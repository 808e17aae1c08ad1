// The places of the first pair of a plot and a treatment member that are not orthogonal.
ghost use Rattle.std.specs.Prelude.{◌≡◌, ℕ, Option, ◌<◌, IfSome};
ghost use Rattle.rules.specs.Limits.{most_members};
ghost use Rattle.design.specs.Search.{cross_first, cross_second, first_of, second_of};
ghost use Rattle.design.specs.Sides.{test_of, TestedOf};

use crate::entries::Entries;
use crate::nesting::{Sides, known_finer};
use crate::questions::Places;
use families::member;
use limits::{MEMBERS, PLOTS};

// Whether plot member `i` and treatment member `j` are orthogonal, which may be known: by the table, by the pair `apart` that is not, or
// by the numbers of classes. Else a walk over the plots tells it.
fn pair_orthogonal(
    sides: &Sides,
    i: usize,
    j: usize,
    joins: &Entries,
    apart: (usize, usize),
) -> bool
    requires { (i < sides.now.plot.size) × (j < sides.now.treatment.size) × TestedOf sides.now joins.now apart.0 apart.1 i j }
    ensures { result ≡ test_of sides.now i j }
{
    if joins.get(MEMBERS * i + j).is_some() {
        return true;
    }
    if apart == (i, j) {
        return false;
    }
    let plot = &sides.plot;
    let treatment = &sides.treatment;
    let n = plot.plots;
    let f = plot.counts[i];
    let g = treatment.counts[j];
    let mut column = [0u8; PLOTS];
    known_finer(n, f, g)
        || known_finer(n, g, f)
        || standing::crossing_of(
            member(plot.bytes, i, n),
            member(treatment.bytes, j, n),
            &mut column,
        )
        .orthogonal
}

// The first pair that is not orthogonal, where `apart` is one.
pub fn first_crossed(sides: &Sides, joins: &Entries, apart: (usize, usize)) -> Option<Places>
    requires { (i j : ℕ) → i < most_members → j < most_members → TestedOf sides.now joins.now apart.0 apart.1 i j }
    ensures first { first_of result ≡ cross_first (test_of sides.now) sides.now.plot.size sides.now.treatment.size }
    ensures second { second_of result ≡ cross_second (test_of sides.now) sides.now.treatment.size (first_of result) }
    ensures some { IfSome result (λ pair. pair.first ≡ 0 → ⊥) }
{
    let mut found = None;
    'pairs: for i in 0..sides.plot.size {
        for j in 0..sides.treatment.size {
            if !pair_orthogonal(sides, i, j, joins, apart) {
                found = Some(Places {
                    first: i + 1,
                    second: j + 1,
                });
                break 'pairs;
            }
        }
    }
    found
}
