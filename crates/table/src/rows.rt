// The lines of the printed table, each written from a place on.
ghost use Rattle.std.specs.Prelude.{[], ◌∷◌, ◌++◌, ◌<◌};
ghost use Rattle.rules.specs.Table.{row_bytes, rows_bytes, signed, refused_row, word_all, word_total};
ghost use Rattle.rules.specs.Lists.{decimal_of};
ghost use Rattle.decimal.specs.Writing.{Wrote};
ghost use Rattle.table.specs.Answers.{Printed};
ghost use Rattle.table.specs.Names.{among, residual_of, table_of};
ghost use Rattle.table.specs.Skeletons.{places_of, source_at, sources_in, stratum_at, strata_in};

use crate::skeletons::Skeleton;
use decimal::{write_byte, write_bytes, write_decimal, write_signed};

// Writes a field and the tab after it.
fn put_field(field: &[u8], out: &mut [u8], at: usize) -> usize
    ensures { Wrote out.old at (field.now ++ 9 ∷ []) out.new result }
{
    let next = write_bytes(field, out, at);
    write_byte(b'\t', out, next)
}

// Writes a number and the end of the line after it.
fn put_last(d: i64, out: &mut [u8], at: usize) -> usize
    ensures { Wrote out.old at (signed d ++ 10 ∷ []) out.new result }
{
    let next = write_signed(d, out, at);
    write_byte(b'\n', out, next)
}

// Writes a line: stratum, source, degrees of freedom.
pub fn put_row(stratum: &[u8], source: &[u8], d: i64, out: &mut [u8], at: usize) -> usize
    ensures { Wrote out.old at (row_bytes (stratum.now ∷ source.now ∷ signed d ∷ [])) out.new result }
{
    let second = put_field(stratum, out, at);
    let third = put_field(source, out, second);
    put_last(d, out, third)
}

// Writes the lines of the treatment members in the stratum at place `place`, in their order.
fn put_sources(table: &Skeleton, stratum: &[u8], place: usize, out: &mut [u8], at: usize) -> usize
    ensures { Wrote out.old at (rows_bytes (sources_in stratum.now place table.now)) out.new result }
{
    let mut next = at;
    for j in 0..table.sources.size() {
        next = put_source(table, stratum, place, j, out, next);
    }
    next
}

// Writes the line of treatment member `j`, from 0, if its stratum is the one at place `place`.
fn put_source(
    table: &Skeleton,
    stratum: &[u8],
    place: usize,
    j: usize,
    out: &mut [u8],
    at: usize,
) -> usize
    requires { j < table.now.sources.now.size }
    ensures { Wrote out.old at (rows_bytes (source_at stratum.now place table.now j)) out.new result }
{
    if table.found.strata.places[j] != place {
        return at;
    }
    let degrees = table.found.degrees[j];
    put_row(stratum, table.sources.name(j), degrees, out, at)
}

// Writes the residual's line, if the stratum at place `place` has a treatment member and the residual is not 0.
fn put_residual(
    table: &Skeleton,
    stratum: &[u8],
    place: usize,
    residual: i64,
    out: &mut [u8],
    at: usize,
) -> usize
    ensures { Wrote out.old at (rows_bytes (residual_of stratum.now (among place (places_of table.now)) residual)) out.new result }
{
    let sources = table.sources.size();
    if residual != 0 && table.found.strata.places[..sources].contains(&place) {
        return put_row(stratum, b"=residual", residual, out, at);
    }
    at
}

// Writes the lines of the stratum of plot member `i`, from 0: its treatment members, its residual, its total.
fn put_stratum(table: &Skeleton, i: usize, out: &mut [u8], at: usize) -> usize
    requires { i < table.now.strata.now.size }
    ensures { Wrote out.old at (rows_bytes (stratum_at table.now i)) out.new result }
{
    let stratum = table.strata.name(i);
    let second = put_sources(table, stratum, i + 1, out, at);
    let residual = table.found.strata.residuals[i];
    let third = put_residual(table, stratum, i + 1, residual, out, second);
    let total = table.found.totals[i];
    put_row(stratum, b"=total", total, out, third)
}

// Writes the lines of all strata, in their order.
fn put_strata(table: &Skeleton, out: &mut [u8], at: usize) -> usize
    ensures { Wrote out.old at (rows_bytes (strata_in table.now)) out.new result }
{
    let mut next = at;
    for i in 0..table.strata.size() {
        next = put_stratum(table, i, out, next);
    }
    next
}

// Writes the whole table of an accepted sheet: the first line, the lines of the strata, the last line.
pub fn put_table(table: &Skeleton, out: &mut [u8]) -> usize
    ensures { Wrote out.old 0 (rows_bytes (table_of table.now.plots (strata_in table.now))) out.new result }
{
    let second = write_bytes(b"stratum\tsource\tdf\n", out, 0);
    let last = put_strata(table, out, second);
    put_plots(table.plots, out, last)
}

// Writes the last line: the number of plots.
fn put_plots(plots: usize, out: &mut [u8], at: usize) -> usize
    ensures { Wrote out.old at (row_bytes (word_all ∷ word_total ∷ decimal_of plots ∷ [])) out.new result }
{
    let number = write_bytes(b"=all\t=total\t", out, at);
    let end = write_decimal(plots, out, number);
    write_byte(b'\n', out, end)
}

// Writes the one line of a refusal.
pub fn put_refused(number: usize, first: &[u8], second: &[u8], out: &mut [u8]) -> usize
    ensures { Wrote out.old 0 (rows_bytes (refused_row number first.now second.now ∷ [])) out.new result }
{
    let a = write_bytes(b"refused\t", out, 0);
    let b = write_decimal(number, out, a);
    let c = write_byte(b'\t', out, b);
    let d = put_field(first, out, c);
    let e = write_bytes(second, out, d);
    write_byte(b'\n', out, e)
}

// Prints what an entry that writes a sheet answered, its refusal by the number, whichever that is: the sheet stands in the output already; a
// refusal left that as it was, and its line is written.
pub fn put_answer(answer: Result<usize, u32>, out: &mut [u8]) -> usize
    ensures { Printed answer out.old out.new result }
{
    match answer {
        Ok(size) => size,
        Err(number) => put_refused(number as usize, b"-", b"-", out),
    }
}
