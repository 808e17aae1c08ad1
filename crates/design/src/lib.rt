// Designs: families closed from the columns of a level table, and questions 6 to 14.

#![tactic(auto)]

ghost use Rattle.std.specs.Prelude.{◌≡◌, length};
ghost use Rattle.rules.specs.Family.{columns_from, members_of, AtMost};
ghost use Rattle.rules.specs.Closing.{InPlotFamily};
ghost use Rattle.rules.specs.Design.{plot_design, plot_buffer, full_design, treatment_buffer};
ghost use Rattle.rules.specs.Asking.{plot_design_by, full_design_by};
ghost use Rattle.rules.specs.Comparison.{pair_passes};
ghost use Rattle.rules.specs.Structure.{Lent, Demand3};
ghost use Rattle.rules.specs.Demand2.{Demand2};
ghost use Rattle.design.specs.Answers.{plot_numbers, plot_numbers_of, PlotTrusted, full_numbers, full_numbers_of, full_left, FullTrusted};

mod apart;
mod closed;
mod closing;
mod columns;
mod crossing;
mod entries;
mod following;
mod nesting;
mod points;
mod questions;
mod replicates;
mod sorting;
mod steps;
mod store;
mod treatments;
mod verdict;

use limits::{COLUMNS, Level};
use refusal::Refusal;

// Why a plot design is refused: the question, the places it fails at, and the size of the family written.
#[derive(Clone, Copy)]
pub struct PlotRefusal {
    pub question: Refusal,
    pub first: usize,
    pub second: usize,
    pub size: usize,
}

// Questions 6 to 10 of the plot columns of a level table; answers the size of the family, which is written where 8 is passed.
pub fn plot_design(
    levels: &[Level],
    plots: usize,
    columns: usize,
    family: &mut [u8],
) -> Result<usize, PlotRefusal>
    ensures answer { plot_numbers result ≡ plot_numbers_of (plot_design plots columns levels.now (length family.old)) }
    ensures buffer { family.new ≡ plot_buffer family.old (plot_design plots columns levels.now (length family.old)) }
    ensures demand { Lent plots columns levels.now family.old → AtMost 32 (InPlotFamily plots (columns_from plots levels.now 0 columns)) → Demand3 plots (columns_from plots levels.now 0 columns) (plot_numbers result).refusal (members_of plots family.new (plot_numbers result).size) }
    ensures trusted { PlotTrusted plots (plot_numbers result) family.new }
    ensures compared { plot_numbers result ≡ plot_numbers_of (plot_design_by (pair_passes plots) plots columns levels.now (length family.old)) }
{
    if !questions::within(plots, columns, levels.len(), family.len()) {
        return verdict::refused(Refusal::Limits);
    }
    if !levels::all_nonzero(levels, plots, 0, columns) {
        return verdict::refused(Refusal::MissingLevel);
    }
    steps::plot_from_8(levels, plots, columns, family)
}

// The sizes of the plot and the treatment family written.
#[derive(Clone, Copy)]
pub struct Sizes {
    pub plot: usize,
    pub treatment: usize,
}

// Why a full design is refused: the question, the places it fails at, and the sizes of the families written.
#[derive(Clone, Copy)]
pub struct FullRefusal {
    pub question: Refusal,
    pub first: usize,
    pub second: usize,
    pub plot: usize,
    pub treatment: usize,
}

// A plot design's refusal, as one of the full design: no treatment family is written.
impl From<PlotRefusal> for FullRefusal {
    ghost from_gives = { λ r e. e ≡ record { question = r.question; first = r.first; second = r.second; plot = r.size; treatment = 0 } };

    fn from(plots: PlotRefusal) -> FullRefusal {
        FullRefusal {
            question: plots.question,
            first: plots.first,
            second: plots.second,
            plot: plots.size,
            treatment: 0,
        }
    }
}

// Questions 6 to 14 of the plot and treatment columns of a level table.
pub fn full_design(
    levels: &[Level],
    plots: usize,
    plot_columns: usize,
    treatment_columns: usize,
    k: usize,
    plot_family: &mut [u8],
    treatment_family: &mut [u8],
) -> Result<Sizes, FullRefusal>
    ensures answer { full_numbers result ≡ full_numbers_of (full_design plots plot_columns treatment_columns k levels.now (length plot_family.old) (length treatment_family.old)) }
    ensures plots { plot_family.new ≡ plot_buffer plot_family.old (full_design plots plot_columns treatment_columns k levels.now (length plot_family.old) (length treatment_family.old)) }
    ensures treatments { treatment_family.new ≡ treatment_buffer treatment_family.old (full_design plots plot_columns treatment_columns k levels.now (length plot_family.old) (length treatment_family.old)) }
    ensures demand { Demand2 plots plot_columns treatment_columns k levels.now plot_family.old treatment_family.old (full_left plots (full_numbers result) plot_family.new treatment_family.new) }
    ensures trusted { FullTrusted plots (full_numbers result) plot_family.new treatment_family.new }
    ensures compared { full_numbers result ≡ full_numbers_of (full_design_by (pair_passes plots) plots plot_columns treatment_columns k levels.now (length plot_family.old) (length treatment_family.old)) }
{
    if !questions::full_within(
        plots,
        plot_columns,
        treatment_columns,
        k,
        levels.len(),
        plot_family.len(),
        treatment_family.len(),
    ) {
        return verdict::full_refused(Refusal::Limits);
    }
    if !levels::all_nonzero(levels, plots, 0, plot_columns) {
        return verdict::full_refused(Refusal::MissingLevel);
    }
    if !levels::all_nonzero(levels, plots, COLUMNS, treatment_columns) {
        return verdict::full_refused(Refusal::MissingLevel);
    }
    steps::full_from_8(
        levels,
        plots,
        plot_columns,
        treatment_columns,
        k,
        plot_family,
        treatment_family,
    )
}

+---+

### What you need to do
Reproduce exactly every line that sits between the start of the entries and the line bearing "i < most_members", counting both of those lines.

### Result of the exercise
repository 808e17aae1c08ad1
// The places of the first pair of a plot and a treatment member that are not orthogonal.
ghost use Rattle.std.specs.Prelude.{◌≡◌, ℕ, Option, ◌<◌, IfSome};
ghost use Rattle.rules.specs.Limits.{most_members};
ghost use Rattle.design.specs.Search.{cross_first, cross_second, first_of, second_of};
ghost use Rattle.design.specs.Sides.{test_of, TestedOf};

use crate::entries::Entries;
use crate::nesting::{Sides, known_finer};
use crate::questions::Places;
use families::member;
use limits::{MEMBERS, PLOTS};

// Whether plot member `i` and treatment member `j` are orthogonal, which may be known: by the table, by the pair `apart` that is not, or
// by the numbers of classes. Else a walk over the plots tells it.
fn pair_orthogonal(
    sides: &Sides,
    i: usize,
    j: usize,
    joins: &Entries,
    apart: (usize, usize),
) -> bool
    requires { (i < sides.now.plot.size) × (j < sides.now.treatment.size) × TestedOf sides.now joins.now apart.0 apart.1 i j }
    ensures { result ≡ test_of sides.now i j }
{
    if joins.get(MEMBERS * i + j).is_some() {
        return true;
    }
    if apart == (i, j) {
        return false;
    }
    let plot = &sides.plot;
    let treatment = &sides.treatment;
    let n = plot.plots;
    let f = plot.counts[i];
    let g = treatment.counts[j];
    let mut column = [0u8; PLOTS];
    known_finer(n, f, g)
        || known_finer(n, g, f)
        || standing::crossing_of(
            member(plot.bytes, i, n),
            member(treatment.bytes, j, n),
            &mut column,
        )
        .orthogonal
}

// The first pair that is not orthogonal, where `apart` is one.
pub fn first_crossed(sides: &Sides, joins: &Entries, apart: (usize, usize)) -> Option<Places>
    requires { (i j : ℕ) → i < most_members → j < most_members → TestedOf sides.now joins.now apart.0 apart.1 i j }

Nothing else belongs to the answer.